• _ASSIGNMENT_: Begin at the top of the records and copy each line exactly. The line containing "places. It never" is the last one to include.

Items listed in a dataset
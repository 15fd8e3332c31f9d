// The rules of the charging yard are definitions: see specs/. Beside a number that other crates' code shares, this crate has functions
// without a body: each clause of theirs is a law of the rules, which is proved.
#![tactic(auto)]

mod boards;
mod moves;
mod replans;
mod settings_given;
mod starts;
mod stations;
mod withdrawn;
mod worked_cases;

pub use boards::board_answers;
pub use moves::clock_moves;
pub use replans::{fitting_charges, latest_starts, rounds_of_lines, weights_table};
pub use settings_given::{bound_rounding, settings_read};
pub use starts::{candidate_starts, searches_complete};
pub use stations::{feeders_seen, held_times, sound_plans, stations_valid};
pub use withdrawn::withdrawals;
pub use worked_cases::cases_hold;

// The line that stands for the other feeders: a feeder has lines 1 to 3, and what the others draw is counted as a fourth.
pub const OTHERS: u32 = 4;
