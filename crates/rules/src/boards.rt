// What the board over the exit shows.
ghost use Rattle.rules.specs.laws.Boards.{TicketsAreShown, LaterPlacesAreKept, NotHeldIsShownExactly, LookedIsAtMostTheHeld};

/// A board shows the start of each ticket that is asked for, 4,294,967,295 exactly where it is not held, and keeps later places. It never
/// looks at more charges than are held.
#[tactic(auto, using(crate::proofs::OnTheBoard::place_shown, crate::proofs::OnTheBoard::place_kept, crate::proofs::OnTheBoard::shown_exactly, crate::proofs::OnTheBoard::looked_most))]
pub fn board_answers()
    ensures shown { TicketsAreShown }
    ensures kept { LaterPlacesAreKept }
    ensures not_held { NotHeldIsShownExactly }
    ensures looked { LookedIsAtMostTheHeld }
{}
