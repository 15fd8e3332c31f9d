// A text that is read into, of which the last request may be cut off.
ghost use Rattle.std.specs.Prelude.{◌≡◌, ◌≤◌, length};
ghost use Rattle.std.proofs.Math.Seq.{slice};
ghost use Rattle.text.specs.Blocks.{Grown};

use crate::Text;
use std::io::Read;

impl<const N: usize> Text<N> {
    // Reads once, to the places behind the bytes that stand there, and answers how many came. A read that fails counts as the end of the
    // input.
    pub fn read_more<R: Read>(&mut self, input: &mut R) -> usize
        ensures { Grown self.old self.new result }
    {
        // A slice first: no part with a start is lent of an array of N places.
        let bytes = &mut self.bytes[..];
        let count = input.read(&mut bytes[self.length..]).unwrap_or(0);
        self.length += count;
        count
    }

    // Keeps the bytes from place `from` up to, not including, place `to`: they move to the front.
    pub fn keep(&mut self, from: usize, to: usize)
        requires { (from ≤ to) × (to ≤ length self.old) }
        ensures { self.new ≡ slice from to self.old }
    {
        let bytes = &mut self.bytes[..];
        bytes.copy_within(from..to, 0);
        self.length = to - from;
    }
}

• _EXERCISE SOLUTION_:
repository 15fd8e3332c31f9d
// The rules of the charging yard are definitions: see specs/. Beside a number that other crates' code shares, this crate has functions
// without a body: each clause of theirs is a law of the rules, which is proved.
#![tactic(auto)]

mod boards;
mod moves;
mod replans;
mod settings_given;
mod starts;
mod stations;
mod withdrawn;
mod worked_cases;

pub use boards::board_answers;
pub use moves::clock_moves;
pub use replans::{fitting_charges, latest_starts, rounds_of_lines, weights_table};
pub use settings_given::{bound_rounding, settings_read};
pub use starts::{candidate_starts, searches_complete};
pub use stations::{feeders_seen, held_times, sound_plans, stations_valid};
pub use withdrawn::withdrawals;
pub use worked_cases::cases_hold;

// The line that stands for the other feeders: a feeder has lines 1 to 3, and what the others draw is counted as a fourth.
pub const OTHERS: u32 = 4;
filename crates/rules/src/boards.rt
// What the board over the exit shows.
ghost use Rattle.rules.specs.laws.Boards.{TicketsAreShown, LaterPlacesAreKept, NotHeldIsShownExactly, LookedIsAtMostTheHeld};

/// A board shows the start of each ticket that is asked for, 4,294,967,295 exactly where it is not held, and keeps later places. It never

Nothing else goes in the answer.